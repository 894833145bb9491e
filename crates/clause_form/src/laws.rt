//! Laws of clauses and of their instances, shown by functions that do nothing.
ghost use Rattle.std.specs.Prelude.{◌≡◌, ◌≤◌, ℕ, Bool, [], Some, length, true};
ghost use Rattle.fof_terms.specs.declared.form.Form.{Form as Formula};
ghost use Rattle.fof_terms.specs.declared.term.Term.{Term as Inner};
ghost use Rattle.fof_terms.specs.Vocabulary.{Vocabulary};
ghost use Rattle.clause_form.specs.declared.clause.Clause.{Clause as Disjunction};
ghost use Rattle.clause_form.specs.ClauseView.{clause_of, closed, IsLoneFalsehood};
ghost use Rattle.clause_form.specs.declared.path.Path.{Path as Way};
ghost use Rattle.clause_form.specs.Clauses.{clauses_in, clauses_of};
ghost use Rattle.clause_form.specs.ClauseWays.{IsIn};
ghost use Rattle.clause_form.specs.Paths.{reached, IsReached};
ghost use Rattle.clause_form.specs.Norm.{norm_of};
ghost use Rattle.clause_form.specs.Sizes.{norm_size_of, clause_count_of};
ghost use Rattle.clause_form.specs.Images.{image};
ghost use Rattle.clause_form.specs.Covers.{AreSorted, Covers, IsInstance, IsTrivial, scope_of};

/// A clause that was closed is the clause again, unless its only literal is a falsehood that isn't denied.
pub fn view_of_closed()
    ensures { (c : Disjunction) → (IsLoneFalsehood c → ⊥) → clause_of (closed c) ≡ Some c }
{}

/// The normal form of a formula, or of its negation, has at most the formula's norm size.
pub fn norm_no_larger()
    ensures { (a : Formula) (positive : Bool) → norm_size_of (norm_of positive a) ≤ norm_size_of a }
{}

/// An image of an image is the image by the images of the images.
pub fn image_of_image()
    ensures { (t s : ℕ → Inner) (u : Inner) → image t (image s u) ≡ image (λ k. image t (s k)) u }
{}

/// An instance of a trivial clause is trivial.
pub fn instance_of_trivial()
    ensures { (v : Vocabulary) (c e : Disjunction) → IsInstance v c e → IsTrivial c.lits → IsTrivial e.lits }
{}

/// What covers a clause covers each instance of it.
pub fn cover_of_instance()
    ensures { (v : Vocabulary) (m c e : Disjunction) → AreSorted v (scope_of c) c.lits → IsInstance v c e → Covers v m c
        → Covers v m e }
{}

/// An instance is empty only where the clause is.
pub fn empty_instance()
    ensures { (v : Vocabulary) (c e : Disjunction) → IsInstance v c e → e.lits ≡ [] → c.lits ≡ [] }
{}

/// The clauses of a formula are those that its paths reach, and no others.
pub fn clauses_by_paths()
    ensures listed { (a : Formula) (p : Way) (c : Disjunction) → reached p a ≡ Some c → IsIn c (clauses_in a) }
    ensures reached { (a : Formula) (c : Disjunction) → IsIn c (clauses_in a) → IsReached a c }
{}

/// A formula has as many clauses as its normal form counts.
pub fn clauses_are_counted()
    ensures { (a : Formula) (next : ℕ) → length (clauses_of a next) ≡ clause_count_of (norm_of true a) }
{}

-------------------------

● Task objective: The answer is the full set of records, printed exactly as given.

● Output below:
repository 894833145bb9491e
filename crates/clause_form/src/laws.rt
//! Laws of clauses and of their instances, shown by functions that do nothing.
ghost use Rattle.std.specs.Prelude.{◌≡◌, ◌≤◌, ℕ, Bool, [], Some, length, true};
ghost use Rattle.fof_terms.specs.declared.form.Form.{Form as Formula};
ghost use Rattle.fof_terms.specs.declared.term.Term.{Term as Inner};
ghost use Rattle.fof_terms.specs.Vocabulary.{Vocabulary};
ghost use Rattle.clause_form.specs.declared.clause.Clause.{Clause as Disjunction};
ghost use Rattle.clause_form.specs.ClauseView.{clause_of, closed, IsLoneFalsehood};
ghost use Rattle.clause_form.specs.declared.path.Path.{Path as Way};
ghost use Rattle.clause_form.specs.Clauses.{clauses_in, clauses_of};
ghost use Rattle.clause_form.specs.ClauseWays.{IsIn};
ghost use Rattle.clause_form.specs.Paths.{reached, IsReached};
ghost use Rattle.clause_form.specs.Norm.{norm_of};
ghost use Rattle.clause_form.specs.Sizes.{norm_size_of, clause_count_of};
ghost use Rattle.clause_form.specs.Images.{image};
ghost use Rattle.clause_form.specs.Covers.{AreSorted, Covers, IsInstance, IsTrivial, scope_of};

/// A clause that was closed is the clause again, unless its only literal is a falsehood that isn't denied.
pub fn view_of_closed()
    ensures { (c : Disjunction) → (IsLoneFalsehood c → ⊥) → clause_of (closed c) ≡ Some c }
{}

/// The normal form of a formula, or of its negation, has at most the formula's norm size.
pub fn norm_no_larger()
    ensures { (a : Formula) (positive : Bool) → norm_size_of (norm_of positive a) ≤ norm_size_of a }
{}

/// An image of an image is the image by the images of the images.
pub fn image_of_image()
    ensures { (t s : ℕ → Inner) (u : Inner) → image t (image s u) ≡ image (λ k. image t (s k)) u }
{}

/// An instance of a trivial clause is trivial.
pub fn instance_of_trivial()
    ensures { (v : Vocabulary) (c e : Disjunction) → IsInstance v c e → IsTrivial c.lits → IsTrivial e.lits }
{}

/// What covers a clause covers each instance of it.
pub fn cover_of_instance()
    ensures { (v : Vocabulary) (m c e : Disjunction) → AreSorted v (scope_of c) c.lits → IsInstance v c e → Covers v m c
        → Covers v m e }
{}

/// An instance is empty only where the clause is.
pub fn empty_instance()
    ensures { (v : Vocabulary) (c e : Disjunction) → IsInstance v c e → e.lits ≡ [] → c.lits ≡ [] }
{}

/// The clauses of a formula are those that its paths reach, and no others.
pub fn clauses_by_paths()
    ensures listed { (a : Formula) (p : Way) (c : Disjunction) → reached p a ≡ Some c → IsIn c (clauses_in a) }
    ensures reached { (a : Formula) (c : Disjunction) → IsIn c (clauses_in a) → IsReached a c }
{}

/// A formula has as many clauses as its normal form counts.
pub fn clauses_are_counted()
    ensures { (a : Formula) (next : ℕ) → length (clauses_of a next) ≡ clause_count_of (norm_of true a) }
{}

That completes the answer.